Before implementing the entire Naive Bayes algorithm, create a helper function `bag_it()` to create a bag of words representation from a document's text.

In [29]:
# Your code here
def bag_it(doc):
    bag = {}
    for word in doc.split():
        bag[word] = bag.get(word, 0) + 1
    return bag

#this creates a frequency dictionary with keys = unique words in test document 
#and values = # of occurrences in test document

## Implementing Naive Bayes

Now, implement a master function to build a naive Bayes classifier. Be sure to use the logarithmic probabilities to avoid underflow.

In [25]:
# Your code here
def classify_doc(doc, class_word_freq, p_classes, V, return_posteriors=False):
    bag = bag_it(doc) #create frequency dictionary of unique words in test document
    classes = [] #initialize empty list to contain unique possible classes
    posteriors = [] #initialize empty list to contain posterior probabilities 
    for class_ in class_word_freq.keys(): #loop through each unique class in list of possible classes
        p = np.log(p_classes[class_]) #logarithm of normalized rate of occurrence of the class in dataset
        for word in bag.keys(): #looping through each unique word in test document
            num = bag[word] + 1 
            #define numerator as # of occurrences of word in test document (plus one for Laplacian smoothing)
            denom = class_word_freq[class_].get(word, 0) + V 
            #define denominator as # of occurrences of word in class (plus total corpus for Laplacian smoothing)
            p *= np.log(num/denom)
        classes.append(class_)
        posteriors.append(p)
    if return_posteriors:
        print(posteriors)
    return classes[np.argmax(posteriors)]

## Test your classifier

Finally, test your classifier and measure its accuracy.

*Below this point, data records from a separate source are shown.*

// The making of a book, into a lent list of bytes.
ghost use Rattle.std.specs.Prelude.{◌≡◌, ◌+◌, ◌*◌, ◌<◌, ◌≤◌, ◌++◌, length, MatchOption, MatchResult};
ghost use Rattle.book.specs.Books.{two_bytes, together, entries_from, book_of};
ghost use Rattle.book.specs.Pens.{Writes};
ghost use Rattle.book.specs.Makings.{contents, Made, Unmade};

use super::pens::Pen;
use super::{MOST_BODIES, MOST_BYTES};
use faults::{Fault, Layer};

/// The length of the book of these bodies, unless it is over 16,384.
fn book_size(bodies: &[&[u8]]) -> Option<usize>
    requires { length bodies.now ≤ 16 }
    ensures { MatchOption result (16384 < length (book_of (contents bodies.now))) (λ n. (n ≡ length (book_of (contents bodies.now))) × (n ≤ 16384)) }
{
    let mut size = 1 + 4 * bodies.len();
    for body in bodies {
        if body.len() > MOST_BYTES - size {
            return None;
        }
        size += body.len();
    }
    Some(size)
}

/// Writes an entry.
fn put_entry(pen: &mut Pen, offset: usize, size: usize)
    requires room { pen.old.at + 4 ≤ length pen.old.out.now }
    requires offset { offset < 65536 }
    requires size { size < 65536 }
    ensures { Writes pen.old pen.new (two_bytes offset ++ two_bytes size) }
{
    pen.put(&(offset as u16).to_le_bytes());
    pen.put(&(size as u16).to_le_bytes());
}

/// Writes an entry for each body.
fn put_entries(pen: &mut Pen, bodies: &[&[u8]])
    requires room { pen.old.at + 4 * length bodies.now ≤ length pen.old.out.now }
    requires short { length (book_of (contents bodies.now)) ≤ 16384 }
    ensures { Writes pen.old pen.new (entries_from (1 + 4 * length bodies.now) (contents bodies.now)) }
{
    let mut offset = 1 + 4 * bodies.len();
    for body in bodies {
        put_entry(pen, offset, body.len());
        offset += body.len();
    }
}

/// Writes the bodies, one after the other.
fn put_bodies(pen: &mut Pen, bodies: &[&[u8]])
    requires { pen.old.at + length (together (contents bodies.now)) ≤ length pen.old.out.now }
    ensures { Writes pen.old pen.new (together (contents bodies.now)) }
{
    for body in bodies {
        pen.put(body);
    }
}

/// Writes the book of the bodies.
fn put_book(pen: &mut Pen, bodies: &[&[u8]])
    requires few { length bodies.now ≤ 16 }
    requires short { length (book_of (contents bodies.now)) ≤ 16384 }
    requires room { pen.old.at + length (book_of (contents bodies.now)) ≤ length pen.old.out.now }
    ensures { Writes pen.old pen.new (book_of (contents bodies.now)) }
{
    pen.put(&[bodies.len() as u8]);
    put_entries(pen, bodies);
    put_bodies(pen, bodies);
}

/// Writes the book of the bodies first into the list, and gives its length. No body or over 16 give fault 13 at 0, a book of over 16,384 bytes 5,
/// and a list too short for it 11.
pub fn make(bodies: &[&[u8]], out: &mut [u8]) -> Result<usize, Fault>
    ensures { MatchResult result (λ n. Made (contents bodies.now) out.old out.new n) (λ f. Unmade (contents bodies.now) (length out.old) f × (out.new ≡ out.old)) }
{
    if !(1..=MOST_BODIES).contains(&bodies.len()) {
        return Err(Fault::WrongBook { entry: 0 });
    }
    let size = book_size(bodies).ok_or(Fault::TooLarge {
        layer: Layer::Book,
        limit: MOST_BYTES,
    })?;
    if out.len() < size {
        return Err(Fault::ShortList {
            layer: Layer::Book,
            cells: size,
        });
    }
    let mut pen = Pen::new(out);
    put_book(&mut pen, bodies);
    Ok(pen.at)
}
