// The entries of a book taken apart, and its bodies as parts of its bytes.
ghost use Rattle.std.specs.Prelude.{◌≡◌, ℕ, ◌<◌, ◌≤◌, List, [], ◌++◌, length, MatchOption, MatchResult, slice_index_or};
ghost use Rattle.book.specs.Books.{two_bytes, IsBook};
ghost use Rattle.book.specs.Entries.{count_in, body_in, bodies_in, Holds, Refused};

use super::{MOST_BODIES, MOST_BYTES};
use faults::{Fault, Layer};

/// The bytes of a book: `read` gives one only for bytes that are a book.
#[derive(Clone, Copy)]
pub struct Book<'a> {
    bytes: &'a [u8],
    ghost whole: { IsBook bytes.now (bodies_in bytes.now) },
}

/// What an entry gives: where its body begins, and the body's length.
#[derive(Clone, Copy)]
struct Entry {
    offset: usize,
    size: usize,
}

/// The first of these entries, and the others.
fn first_entry(entries: &[u8]) -> Option<(Entry, &[u8])>
    ensures { MatchOption result (length entries.now < 4) (λ p. (entries.now ≡ two_bytes p.0.offset ++ (two_bytes p.0.size ++ p.1.now)) × (p.0.offset < 65536) × (p.0.size < 65536)) }
{
    let [offset_low, offset_high, length_low, length_high, rest @ ..] = entries else {
        return None;
    };
    let entry = Entry {
        offset: usize::from(u16::from_le_bytes([*offset_low, *offset_high])),
        size: usize::from(u16::from_le_bytes([*length_low, *length_high])),
    };
    Some((entry, rest))
}

impl<'a> Book<'a> {
    /// The book of these bytes. Over 16,384 bytes give fault 5; else the first entry that is wrong or cut, itself or its body, gives 13 there,
    /// bytes left over give 13 at the count, and a bad or missing count 13 at 0.
    pub fn read(bytes: &'a [u8]) -> Result<Book<'a>, Fault>
        ensures { MatchResult result (λ b. (b.bytes.now ≡ bytes.now) × IsBook bytes.now (bodies_in bytes.now)) (λ f. Refused bytes.now f) }
    {
        if bytes.len() > MOST_BYTES {
            return Err(Fault::TooLarge {
                layer: Layer::Book,
                limit: MOST_BYTES,
            });
        }
        let [count, rest @ ..] = bytes else {
            return Err(Fault::WrongBook { entry: 0 });
        };
        let count = usize::from(*count);
        if !(1..=MOST_BODIES).contains(&count) {
            return Err(Fault::WrongBook { entry: 0 });
        }
        let mut entries = rest;
        let mut start = 1 + 4 * count;
        // k is the number that a fault names: the entries are taken from the front of what is left.
        for k in 0..count {
            let (entry, others) = first_entry(entries).ok_or(Fault::WrongBook { entry: k })?;
            if entry.offset != start || start + entry.size > bytes.len() {
                return Err(Fault::WrongBook { entry: k });
            }
            start += entry.size;
            entries = others;
        }
        if start < bytes.len() {
            return Err(Fault::WrongBook { entry: count });
        }
        Ok(Book { bytes })
    }

    /// How many bodies the book has.
    pub fn count(&self) -> usize
        ensures value { result ≡ count_in self.now.bytes.now }
        ensures bound { result < 256 }
    {
        usize::from(self.bytes[0])
    }

    /// The k-th body, a part of the book's bytes; none past the last.
    pub fn body(&self, k: usize) -> Option<&'a [u8]>
        ensures given { MatchOption result (Holds self.now.bytes.now k → ⊥) (λ p. Holds self.now.bytes.now k × (p.now ≡ body_in self.now.bytes.now k)) }
        ensures book { (bodies : List (List ℕ)) → IsBook self.now.bytes.now bodies → MatchOption result (length bodies ≤ k) (λ p. (k < length bodies) × (p.now ≡ slice_index_or bodies k [])) }
    {
        if k >= self.count() {
            return None;
        }
        let (entry, _) = first_entry(&self.bytes[1 + 4 * k..]).unwrap();
        self.bytes.get(entry.offset..entry.offset + entry.size)
    }
}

Don't be perturbed if your results are sub-par; industry use cases would require substantial additional preprocessing before implementing the algorithm in practice.

In [21]:
# Your code here
import numpy as np
y_hat_train = X_train.map(lambda x: classify_doc(x, class_word_freq, p_classes, V))
residuals = y_hat_train == y_train
residuals.value_counts(normalize=True)

True     0.525
False    0.475
dtype: float64

## Level up (Optional)

Rework your code into an appropriate class structure so that you could easily implement the algorithm on any given dataset.

## Summary

Well done! In this lab, you practiced implementing Naive Bayes for document classification!